Thesis defense of Philip Bleicker
- Defense
The Fermi-Hubbard model and its limiting cases as a testbed for techniques and phenomena
Despite about six decades of research on the Fermi-Hubbard model (FHM), there is hardly any other model that holds a comparable fascination. The model has a conceptually simple structure and yet contains the essential ingredient of a solid: interaction. Precisely this interaction, however, opposes conclusive solutions of the FHM in equilibrium and non-equilibrium and imposes high demands on methodological approaches.

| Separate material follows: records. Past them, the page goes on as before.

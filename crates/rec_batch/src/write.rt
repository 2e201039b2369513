ghost use Rattle.std.specs.Prelude.{◌≡◌, ◌+◌, ◌≤◌, ◌<◌, ◌^◌, ◌++◌, pos, length, IsTrue, ◌↔◌, OnOk, IfOk, MatchBool, MatchOption};
ghost use Rattle.flex_fields.specs.Writing.{groups_of, varint_bytes, zigzag};
ghost use Rattle.crc_castagnoli.specs.Division.{crc_of};
ghost use Rattle.rec_batch.specs.Written.{batch_bytes, body_bytes, checked_bytes, nullable_bytes, record_bytes, records_from, records_bytes};
ghost use Rattle.rec_batch.specs.Batches.{IsBatch, max_size};

use crate::form::Form;
use crate::header::{HEADER_SIZE, MAX_SIZE};
use crate::rec::Rec;
use crc_castagnoli::crc32c;
use flex_fields::{Bytes, NoMemory, Out};
use share_model::Blob;
use std::alloc::Global;

// How many groups of seven bits a number takes, of which `more` may follow the first.
#[tactic(auto, unfolding(flex_fields::specs::Writing::groups_of))]
fn groups_len(more: u32, value: u64) -> u32
    requires { more < 10 }
    ensures len { result ≡ length (groups_of more value) }
    ensures few { result ≤ more + 1 }
{
    if more == 0 || value < 128 {
        1
    } else {
        1 + groups_len(more - 1, value / 128)
    }
}

fn varint_len(value: u32) -> u32
    requires { value < 2 ^ 31 }
    ensures len { result ≡ length (varint_bytes (pos value)) }
    ensures few { result ≤ 5 }
{
    groups_len(4, 2 * u64::from(value))
}

#[tactic(auto, unfolding(crate::specs::Written::nullable_bytes))]
fn put_nullable(out: &mut Out, content: &Option<Blob>) -> Result<(), NoMemory>
    requires { length (nullable_bytes content.now) < 2 ^ 31 }
    ensures { OnOk result (out.new ≡ out.old ++ nullable_bytes content.now) }
{
    match content {
        None => out.put_varint(-1),
        Some(content) => {
            let content = content.as_slice();
            out.put_varint(content.len() as i32)?;
            out.put_slice(content)
        }
    }
}

#[tactic(auto, unfolding(crate::specs::Written::nullable_bytes, flex_fields::specs::Writing::groups_of))]
fn nullable_len(content: &Option<Blob>) -> u32
    requires { length (nullable_bytes content.now) < 2 ^ 31 }
    ensures { result ≡ length (nullable_bytes content.now) }
{
    match content {
        None => 1,
        Some(content) => {
            let content = content.as_slice();
            varint_len(content.len() as u32) + content.len() as u32
        }
    }
}

// Three bytes are the attributes, the timestamp delta and the number of headers, all 0.
#[tactic(auto, unfolding(crate::specs::Written::body_bytes, flex_fields::specs::Writing::groups_of))]
fn body_len(delta: u32, entry: &Rec) -> u32
    requires few { delta < 2 ^ 31 }
    requires small { length (body_bytes delta entry.now) < 2 ^ 31 }
    ensures { result ≡ length (body_bytes delta entry.now) }
{
    3 + varint_len(delta) + nullable_len(&entry.key) + nullable_len(&entry.value)
}

// Whether a key or a value alone is not too long for a batch.
#[tactic(auto, unfolding(crate::specs::Written::nullable_bytes, flex_fields::specs::Writing::groups_of))]
fn is_small(content: &Option<Blob>) -> bool
    ensures { MatchBool result (length (nullable_bytes content.now) ≤ max_size + 5) (max_size < length (nullable_bytes content.now)) }
{
    match content {
        None => true,
        Some(content) => {
            let content = content.as_slice();
            content.len() <= MAX_SIZE && 0 < varint_len(content.len() as u32)
        }
    }
}

#[tactic(auto, using(crate::proofs::WrittenSizes::body_size))]
fn has_small_body(delta: u32, entry: &Rec) -> bool
    requires { delta < 2 ^ 31 }
    ensures { MatchBool result (length (body_bytes delta entry.now) < 2 ^ 30) (max_size < length (body_bytes delta entry.now)) }
{
    is_small(&entry.key) & is_small(&entry.value)
}

// The bytes that are left of this room behind one more record.
#[tactic(auto, using(crate::proofs::WrittenSizes::record_length))]
fn room_after(room: u32, delta: u32, entry: &Rec) -> Option<u32>
    requires few { delta < 2 ^ 31 }
    requires within { room ≤ max_size }
    ensures { MatchOption result (room < length (record_bytes delta entry.now)) (λ left. left + length (record_bytes delta entry.now) ≡ room) }
{
    if !has_small_body(delta, entry) {
        return None;
    }
    let body = body_len(delta, entry);
    room.checked_sub(varint_len(body) + body)
}

/// Whether one batch has room for these records: at most 1048588 bytes, with its header.
pub fn fits_batch(records: &[Rec]) -> bool
    ensures { IsTrue result ↔ (length (batch_bytes records.now) ≤ max_size) }
{
    let mut room = (MAX_SIZE - HEADER_SIZE) as u32;
    let mut rest = records;
    let mut delta = 0;
    while let Some((first, others)) = rest.split_first() {
        let Some(left) = room_after(room, delta, first) else {
            return false;
        };
        room = left;
        delta += 1;
        rest = others;
    }
    true
}

#[tactic(auto, unfolding(crate::specs::Written::body_bytes))]
fn put_body(out: &mut Out, delta: u32, entry: &Rec) -> Result<(), NoMemory>
    requires few { delta < 2 ^ 31 }
    requires small { length (body_bytes delta entry.now) < 2 ^ 31 }
    ensures { OnOk result (out.new ≡ out.old ++ body_bytes delta entry.now) }
{
    out.put_i8(0)?;
    out.put_varlong(0)?;
    out.put_varint(delta as i32)?;
    put_nullable(out, &entry.key)?;
    put_nullable(out, &entry.value)?;
    out.put_varint(0)?;
    Ok(())
}

#[tactic(auto, unfolding(crate::specs::Written::record_bytes))]
fn put_record(out: &mut Out, delta: u32, entry: &Rec) -> Result<(), NoMemory>
    requires few { delta < 2 ^ 31 }
    requires small { length (record_bytes delta entry.now) < 2 ^ 31 }
    ensures { OnOk result (out.new ≡ out.old ++ record_bytes delta entry.now) }
{
    out.put_varint(body_len(delta, entry) as i32)?;
    put_body(out, delta, entry)?;
    Ok(())
}

fn put_records(out: &mut Out, records: &[Rec]) -> Result<(), NoMemory>
    requires { length (records_bytes 0 records.now) < 2 ^ 31 }
    ensures { OnOk result (out.new ≡ out.old ++ records_bytes 0 records.now) }
{
    let mut rest = records;
    let mut delta = 0;
    while let Some((first, others)) = rest.split_first() {
        put_record(out, delta, first)?;
        delta += 1;
        rest = others;
    }
    Ok(())
}

// From the attributes on, what the checksum is over.
#[tactic(auto, unfolding(crate::specs::Written::checked_bytes))]
fn checked_part(alloc: Global, records: &[Rec]) -> Result<Bytes, NoMemory>
    requires few { length records.now < 2 ^ 31 }
    requires some { 0 < length records.now }
    requires small { length (records_bytes 0 records.now) < 2 ^ 31 }
    ensures { IfOk result (λ bytes. bytes ≡ checked_bytes records.now) }
{
    let count = records.len() as i32;
    let mut out = Out::new(alloc);
    out.put_i16(0)?;
    out.put_i32(count - 1)?;
    out.put_i64(0)?;
    out.put_i64(0)?;
    out.put_i64(-1)?;
    out.put_i16(-1)?;
    out.put_i32(-1)?;
    out.put_i32(count)?;
    put_records(&mut out, records)?;
    Ok(out.into_bytes())
}

#[tactic(auto, unfolding(crate::specs::Written::batch_bytes))]
fn whole(alloc: Global, records: &[Rec]) -> Result<Blob, NoMemory>
    requires some { 0 < length records.now }
    requires size { length (batch_bytes records.now) ≤ max_size }
    ensures value { IfOk result (λ batch. batch ≡ batch_bytes records.now) }
    ensures checksum { IfOk result (λ batch. crc_of (checked_bytes records.now) < 2 ^ 32) }
{
    let checked = checked_part(alloc, records)?;
    let checked = checked.as_slice();
    let checksum = crc32c(checked);
    let mut out = Out::new(alloc);
    out.put_i64(0)?;
    out.put_i32(9 + checked.len() as i32)?;
    out.put_i32(0)?;
    out.put_i8(2)?;
    out.put_slice(&checksum.to_be_bytes())?;
    out.put_slice(checked)?;
    Ok(Blob::new(out.into_bytes().into_vec()))
}

/// Writes one batch with these records, at the offset deltas from 0 on.
///
/// Its base offset, leader epoch, attributes and timestamps are 0; its producer's id, epoch and first
/// sequence number are -1; its records have no headers. There is at least one record, and they fit one
/// batch, which `fits_batch` tells.
pub fn write_batch(alloc: Global, records: &[Rec]) -> Result<Blob, NoMemory>
    requires some { 0 < length records.now }
    requires size { length (batch_bytes records.now) ≤ max_size }
    ensures value { IfOk result (λ batch. batch ≡ batch_bytes records.now) }
    ensures stands { IfOk result (λ batch. (form : Form) → IsBatch form batch (records_from 0 records.now)) }
{
    whole(alloc, records)
}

In the course of this work, we review the FHM and related models which can be derived from it, e.g. the t-J model or the Heisenberg model, discuss key topics of current research and use both well-known methods like CET and TPQS and new techniques like iEoM to contribute to the elucidation of some central questions. We begin with the analyses of equilibration and thermalisation in quenched closed quantum systems and confirm as well as extend previously made hypotheses. Furthermore, we challenge and falsify the assumption of a dynamical phase transition in one dimension. In a second step, we reduce the FHM to an effective t-J model, which is of particular interest in the context of high-temperature superconductivity, and consider the resulting charge carrier dynamics. Moreover, we confirm ideas on the quantitative predictability of the autocorrelation in dense spin systems. In the last step, we propose a novel theoretical approach based on iEoM for the systematic evaluation of Green's functions in reduced operator subspaces and motivate its applicability by means of an exemplary calculation.